◆ Stored entries
····················

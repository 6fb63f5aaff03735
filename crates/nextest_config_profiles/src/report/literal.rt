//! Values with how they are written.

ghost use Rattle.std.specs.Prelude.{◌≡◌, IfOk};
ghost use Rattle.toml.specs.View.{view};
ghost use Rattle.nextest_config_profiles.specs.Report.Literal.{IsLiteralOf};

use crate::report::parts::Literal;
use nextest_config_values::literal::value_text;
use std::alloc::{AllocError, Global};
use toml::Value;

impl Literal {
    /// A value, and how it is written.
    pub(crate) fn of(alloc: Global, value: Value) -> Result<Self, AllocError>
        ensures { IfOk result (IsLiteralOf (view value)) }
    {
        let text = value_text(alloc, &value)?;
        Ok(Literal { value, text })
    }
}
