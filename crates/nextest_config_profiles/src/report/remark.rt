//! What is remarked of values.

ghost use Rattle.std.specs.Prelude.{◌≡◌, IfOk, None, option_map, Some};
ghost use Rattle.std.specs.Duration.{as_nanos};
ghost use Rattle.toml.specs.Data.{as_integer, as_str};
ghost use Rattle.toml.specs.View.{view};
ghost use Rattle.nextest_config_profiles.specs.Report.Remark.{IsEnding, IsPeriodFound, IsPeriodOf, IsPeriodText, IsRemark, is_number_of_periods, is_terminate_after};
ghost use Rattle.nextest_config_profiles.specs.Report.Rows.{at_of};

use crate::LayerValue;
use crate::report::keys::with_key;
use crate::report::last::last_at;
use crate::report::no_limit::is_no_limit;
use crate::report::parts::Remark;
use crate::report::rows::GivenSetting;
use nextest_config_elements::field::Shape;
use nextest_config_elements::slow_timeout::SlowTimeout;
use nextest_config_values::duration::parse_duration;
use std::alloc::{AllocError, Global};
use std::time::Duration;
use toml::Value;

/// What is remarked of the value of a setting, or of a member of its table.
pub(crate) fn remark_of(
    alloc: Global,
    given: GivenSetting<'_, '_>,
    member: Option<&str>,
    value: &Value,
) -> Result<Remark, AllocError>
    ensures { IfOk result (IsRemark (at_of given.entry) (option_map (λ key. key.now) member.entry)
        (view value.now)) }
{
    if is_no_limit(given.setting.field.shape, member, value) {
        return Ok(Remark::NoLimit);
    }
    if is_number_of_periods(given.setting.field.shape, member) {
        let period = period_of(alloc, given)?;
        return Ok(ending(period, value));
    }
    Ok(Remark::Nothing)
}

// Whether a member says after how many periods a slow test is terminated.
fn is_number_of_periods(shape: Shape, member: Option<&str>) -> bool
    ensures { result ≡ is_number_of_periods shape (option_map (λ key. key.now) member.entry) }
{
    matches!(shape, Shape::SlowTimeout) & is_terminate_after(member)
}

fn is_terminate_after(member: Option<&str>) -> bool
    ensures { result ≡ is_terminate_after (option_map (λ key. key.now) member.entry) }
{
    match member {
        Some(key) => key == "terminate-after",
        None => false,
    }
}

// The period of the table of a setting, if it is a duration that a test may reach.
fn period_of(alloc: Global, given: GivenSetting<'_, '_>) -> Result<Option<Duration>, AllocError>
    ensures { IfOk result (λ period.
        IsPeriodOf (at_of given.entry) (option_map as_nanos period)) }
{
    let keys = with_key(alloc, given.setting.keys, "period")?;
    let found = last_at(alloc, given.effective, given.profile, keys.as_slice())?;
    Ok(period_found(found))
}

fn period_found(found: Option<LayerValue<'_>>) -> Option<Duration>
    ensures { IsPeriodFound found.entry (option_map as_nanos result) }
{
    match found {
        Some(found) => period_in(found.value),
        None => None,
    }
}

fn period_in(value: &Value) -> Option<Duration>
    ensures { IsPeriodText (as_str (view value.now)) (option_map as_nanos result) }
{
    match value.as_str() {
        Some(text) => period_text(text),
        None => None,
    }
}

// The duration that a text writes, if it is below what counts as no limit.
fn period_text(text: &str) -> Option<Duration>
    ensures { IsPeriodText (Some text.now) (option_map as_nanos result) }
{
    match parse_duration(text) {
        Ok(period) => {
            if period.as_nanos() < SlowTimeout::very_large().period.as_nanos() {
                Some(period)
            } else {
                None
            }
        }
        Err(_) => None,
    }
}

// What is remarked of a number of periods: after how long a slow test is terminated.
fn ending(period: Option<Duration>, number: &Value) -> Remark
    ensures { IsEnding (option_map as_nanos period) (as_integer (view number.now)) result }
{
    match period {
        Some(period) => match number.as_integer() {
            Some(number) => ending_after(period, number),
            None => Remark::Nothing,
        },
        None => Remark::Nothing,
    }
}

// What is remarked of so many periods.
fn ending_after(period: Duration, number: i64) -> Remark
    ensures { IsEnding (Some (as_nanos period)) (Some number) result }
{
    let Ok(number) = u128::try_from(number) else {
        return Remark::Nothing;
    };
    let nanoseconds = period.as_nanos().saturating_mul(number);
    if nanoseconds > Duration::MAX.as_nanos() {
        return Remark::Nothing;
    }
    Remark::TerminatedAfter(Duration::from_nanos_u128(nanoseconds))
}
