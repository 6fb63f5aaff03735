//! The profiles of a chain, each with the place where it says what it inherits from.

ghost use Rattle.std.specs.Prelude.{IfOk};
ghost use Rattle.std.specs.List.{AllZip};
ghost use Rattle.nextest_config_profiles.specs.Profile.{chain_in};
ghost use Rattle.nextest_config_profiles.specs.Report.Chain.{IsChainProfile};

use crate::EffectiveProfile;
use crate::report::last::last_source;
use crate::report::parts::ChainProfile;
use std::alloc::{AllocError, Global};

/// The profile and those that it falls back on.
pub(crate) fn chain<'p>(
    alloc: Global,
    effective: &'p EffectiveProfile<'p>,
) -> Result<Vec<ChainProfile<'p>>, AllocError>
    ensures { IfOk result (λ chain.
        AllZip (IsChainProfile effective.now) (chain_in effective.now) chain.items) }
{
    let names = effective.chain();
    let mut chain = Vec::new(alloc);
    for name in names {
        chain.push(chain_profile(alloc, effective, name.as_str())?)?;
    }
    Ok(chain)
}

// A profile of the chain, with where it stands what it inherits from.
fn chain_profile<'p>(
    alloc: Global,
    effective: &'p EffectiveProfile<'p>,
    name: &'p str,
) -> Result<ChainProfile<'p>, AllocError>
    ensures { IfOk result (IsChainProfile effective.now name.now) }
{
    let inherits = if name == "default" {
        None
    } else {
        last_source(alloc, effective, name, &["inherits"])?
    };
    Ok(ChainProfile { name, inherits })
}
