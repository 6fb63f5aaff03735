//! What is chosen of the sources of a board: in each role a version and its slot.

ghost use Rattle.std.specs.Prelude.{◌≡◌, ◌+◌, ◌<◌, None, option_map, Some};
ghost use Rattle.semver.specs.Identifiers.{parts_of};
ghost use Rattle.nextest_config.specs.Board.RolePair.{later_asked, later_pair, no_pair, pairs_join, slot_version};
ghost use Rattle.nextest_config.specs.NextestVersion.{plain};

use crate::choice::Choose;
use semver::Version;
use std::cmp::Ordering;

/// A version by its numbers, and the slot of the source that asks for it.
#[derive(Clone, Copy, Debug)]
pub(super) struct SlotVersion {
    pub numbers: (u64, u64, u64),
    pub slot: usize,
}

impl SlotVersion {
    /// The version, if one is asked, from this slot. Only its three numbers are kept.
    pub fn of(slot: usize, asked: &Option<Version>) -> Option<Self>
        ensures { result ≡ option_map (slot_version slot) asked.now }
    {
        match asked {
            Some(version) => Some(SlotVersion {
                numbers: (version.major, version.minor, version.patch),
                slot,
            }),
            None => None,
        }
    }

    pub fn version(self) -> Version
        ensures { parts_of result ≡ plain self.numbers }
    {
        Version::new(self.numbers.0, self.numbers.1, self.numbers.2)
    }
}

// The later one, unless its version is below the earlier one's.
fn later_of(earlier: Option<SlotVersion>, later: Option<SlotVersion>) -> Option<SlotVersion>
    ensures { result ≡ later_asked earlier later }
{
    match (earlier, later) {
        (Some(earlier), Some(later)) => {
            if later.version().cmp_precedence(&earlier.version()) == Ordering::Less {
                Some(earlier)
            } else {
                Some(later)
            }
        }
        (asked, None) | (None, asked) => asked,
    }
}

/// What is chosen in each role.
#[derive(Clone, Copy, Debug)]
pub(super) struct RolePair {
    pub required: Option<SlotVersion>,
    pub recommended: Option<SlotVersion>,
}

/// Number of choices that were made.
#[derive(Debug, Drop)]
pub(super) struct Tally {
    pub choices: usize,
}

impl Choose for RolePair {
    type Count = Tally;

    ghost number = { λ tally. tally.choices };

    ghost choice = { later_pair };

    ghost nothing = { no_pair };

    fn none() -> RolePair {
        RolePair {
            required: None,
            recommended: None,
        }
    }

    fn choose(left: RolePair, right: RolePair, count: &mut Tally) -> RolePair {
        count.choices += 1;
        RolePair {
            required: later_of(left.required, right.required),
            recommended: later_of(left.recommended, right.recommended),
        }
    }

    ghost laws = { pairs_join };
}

····················

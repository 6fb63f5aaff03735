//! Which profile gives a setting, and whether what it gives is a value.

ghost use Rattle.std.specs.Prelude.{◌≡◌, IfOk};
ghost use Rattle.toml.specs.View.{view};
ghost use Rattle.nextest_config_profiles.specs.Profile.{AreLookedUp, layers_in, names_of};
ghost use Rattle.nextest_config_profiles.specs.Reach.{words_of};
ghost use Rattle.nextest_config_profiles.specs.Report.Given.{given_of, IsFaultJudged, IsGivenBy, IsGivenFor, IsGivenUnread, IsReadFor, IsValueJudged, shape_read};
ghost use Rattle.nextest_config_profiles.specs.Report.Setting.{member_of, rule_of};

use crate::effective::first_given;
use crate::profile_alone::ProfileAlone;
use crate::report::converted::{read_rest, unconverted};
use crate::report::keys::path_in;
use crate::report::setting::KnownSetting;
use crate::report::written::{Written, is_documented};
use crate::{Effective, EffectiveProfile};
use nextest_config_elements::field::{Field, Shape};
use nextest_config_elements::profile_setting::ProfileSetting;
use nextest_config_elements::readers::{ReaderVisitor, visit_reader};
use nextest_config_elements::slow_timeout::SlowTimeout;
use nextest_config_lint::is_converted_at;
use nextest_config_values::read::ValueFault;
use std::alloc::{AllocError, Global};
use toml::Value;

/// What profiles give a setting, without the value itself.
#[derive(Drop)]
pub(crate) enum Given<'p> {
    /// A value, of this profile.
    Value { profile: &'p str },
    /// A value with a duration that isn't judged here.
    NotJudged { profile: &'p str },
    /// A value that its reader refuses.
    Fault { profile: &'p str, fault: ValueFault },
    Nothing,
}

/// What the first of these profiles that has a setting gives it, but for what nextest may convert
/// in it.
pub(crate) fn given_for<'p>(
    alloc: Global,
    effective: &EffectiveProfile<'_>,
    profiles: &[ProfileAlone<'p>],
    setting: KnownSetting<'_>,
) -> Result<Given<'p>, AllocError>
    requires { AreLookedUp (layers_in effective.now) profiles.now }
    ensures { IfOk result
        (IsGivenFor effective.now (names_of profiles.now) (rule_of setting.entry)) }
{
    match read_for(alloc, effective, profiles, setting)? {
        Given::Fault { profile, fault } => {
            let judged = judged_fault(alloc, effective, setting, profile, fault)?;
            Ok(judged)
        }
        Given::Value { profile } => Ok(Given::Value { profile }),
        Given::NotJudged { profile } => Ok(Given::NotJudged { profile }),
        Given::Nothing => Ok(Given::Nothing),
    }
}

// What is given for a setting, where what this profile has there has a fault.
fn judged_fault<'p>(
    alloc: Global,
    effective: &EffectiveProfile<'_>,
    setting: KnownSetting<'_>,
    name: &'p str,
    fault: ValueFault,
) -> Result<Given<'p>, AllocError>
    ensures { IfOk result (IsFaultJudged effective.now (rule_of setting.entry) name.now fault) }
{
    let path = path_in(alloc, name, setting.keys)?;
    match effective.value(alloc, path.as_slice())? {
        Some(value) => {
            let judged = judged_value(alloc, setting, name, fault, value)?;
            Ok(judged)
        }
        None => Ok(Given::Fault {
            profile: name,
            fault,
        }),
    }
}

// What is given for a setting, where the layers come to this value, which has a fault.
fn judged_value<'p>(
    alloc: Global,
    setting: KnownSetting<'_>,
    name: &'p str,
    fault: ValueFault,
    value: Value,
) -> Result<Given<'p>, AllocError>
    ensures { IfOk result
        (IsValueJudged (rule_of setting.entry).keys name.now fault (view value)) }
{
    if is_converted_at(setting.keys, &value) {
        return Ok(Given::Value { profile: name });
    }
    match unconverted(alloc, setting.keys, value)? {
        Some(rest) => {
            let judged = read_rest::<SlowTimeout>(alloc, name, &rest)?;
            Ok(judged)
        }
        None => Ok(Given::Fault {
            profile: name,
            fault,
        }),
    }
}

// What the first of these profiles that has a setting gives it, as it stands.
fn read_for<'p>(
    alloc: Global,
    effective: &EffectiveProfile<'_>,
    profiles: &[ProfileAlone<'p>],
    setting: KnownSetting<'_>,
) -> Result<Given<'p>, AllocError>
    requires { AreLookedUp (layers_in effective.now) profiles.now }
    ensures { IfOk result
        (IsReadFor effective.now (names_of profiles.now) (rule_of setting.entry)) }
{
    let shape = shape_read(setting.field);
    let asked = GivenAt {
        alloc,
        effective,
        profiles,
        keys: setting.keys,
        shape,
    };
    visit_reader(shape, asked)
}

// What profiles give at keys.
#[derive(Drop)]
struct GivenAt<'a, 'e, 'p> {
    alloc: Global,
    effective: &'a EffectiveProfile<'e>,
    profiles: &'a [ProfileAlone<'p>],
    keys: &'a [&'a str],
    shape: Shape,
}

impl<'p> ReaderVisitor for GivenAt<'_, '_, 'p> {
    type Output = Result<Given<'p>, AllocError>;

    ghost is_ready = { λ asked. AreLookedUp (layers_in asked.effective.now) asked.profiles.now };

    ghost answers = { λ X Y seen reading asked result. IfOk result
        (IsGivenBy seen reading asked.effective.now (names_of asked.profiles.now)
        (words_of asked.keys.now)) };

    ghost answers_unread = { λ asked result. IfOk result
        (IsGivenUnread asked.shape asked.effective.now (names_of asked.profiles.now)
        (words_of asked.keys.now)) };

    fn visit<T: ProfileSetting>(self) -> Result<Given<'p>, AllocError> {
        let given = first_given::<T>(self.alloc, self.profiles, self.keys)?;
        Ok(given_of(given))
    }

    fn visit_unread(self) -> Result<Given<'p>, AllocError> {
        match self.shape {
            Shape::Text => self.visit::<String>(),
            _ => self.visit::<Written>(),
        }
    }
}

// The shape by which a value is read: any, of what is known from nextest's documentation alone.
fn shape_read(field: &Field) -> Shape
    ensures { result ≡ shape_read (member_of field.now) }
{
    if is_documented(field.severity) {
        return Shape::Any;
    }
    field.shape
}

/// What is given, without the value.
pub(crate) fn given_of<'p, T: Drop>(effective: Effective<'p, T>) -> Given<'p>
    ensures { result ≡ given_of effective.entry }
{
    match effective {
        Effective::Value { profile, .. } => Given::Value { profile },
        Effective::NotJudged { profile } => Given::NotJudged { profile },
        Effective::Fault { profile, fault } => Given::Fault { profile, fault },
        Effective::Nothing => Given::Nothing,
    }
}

····················

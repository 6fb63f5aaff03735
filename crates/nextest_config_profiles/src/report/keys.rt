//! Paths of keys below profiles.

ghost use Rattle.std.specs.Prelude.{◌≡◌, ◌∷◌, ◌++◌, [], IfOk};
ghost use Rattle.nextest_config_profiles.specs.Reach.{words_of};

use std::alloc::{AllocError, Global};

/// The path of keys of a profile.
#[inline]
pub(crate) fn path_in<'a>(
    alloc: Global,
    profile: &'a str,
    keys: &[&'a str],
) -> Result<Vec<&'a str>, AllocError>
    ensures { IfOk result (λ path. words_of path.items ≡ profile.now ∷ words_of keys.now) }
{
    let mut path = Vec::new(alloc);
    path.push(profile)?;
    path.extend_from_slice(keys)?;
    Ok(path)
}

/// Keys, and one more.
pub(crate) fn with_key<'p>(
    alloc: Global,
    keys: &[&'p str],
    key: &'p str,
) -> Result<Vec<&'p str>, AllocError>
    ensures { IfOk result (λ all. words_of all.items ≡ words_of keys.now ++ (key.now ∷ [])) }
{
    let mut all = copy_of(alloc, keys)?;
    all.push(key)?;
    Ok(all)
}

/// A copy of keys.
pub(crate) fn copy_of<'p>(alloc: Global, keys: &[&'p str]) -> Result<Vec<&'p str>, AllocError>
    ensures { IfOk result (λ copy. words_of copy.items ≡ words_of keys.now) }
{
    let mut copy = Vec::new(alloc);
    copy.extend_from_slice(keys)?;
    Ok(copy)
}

····················

◆ What to produce
Every line in the data above that includes the word "impl" should be copied.

◆ Written solution
impl Literal {
impl SlotVersion {
impl Choose for RolePair {
impl<'p> ReaderVisitor for GivenAt<'_, '_, 'p> {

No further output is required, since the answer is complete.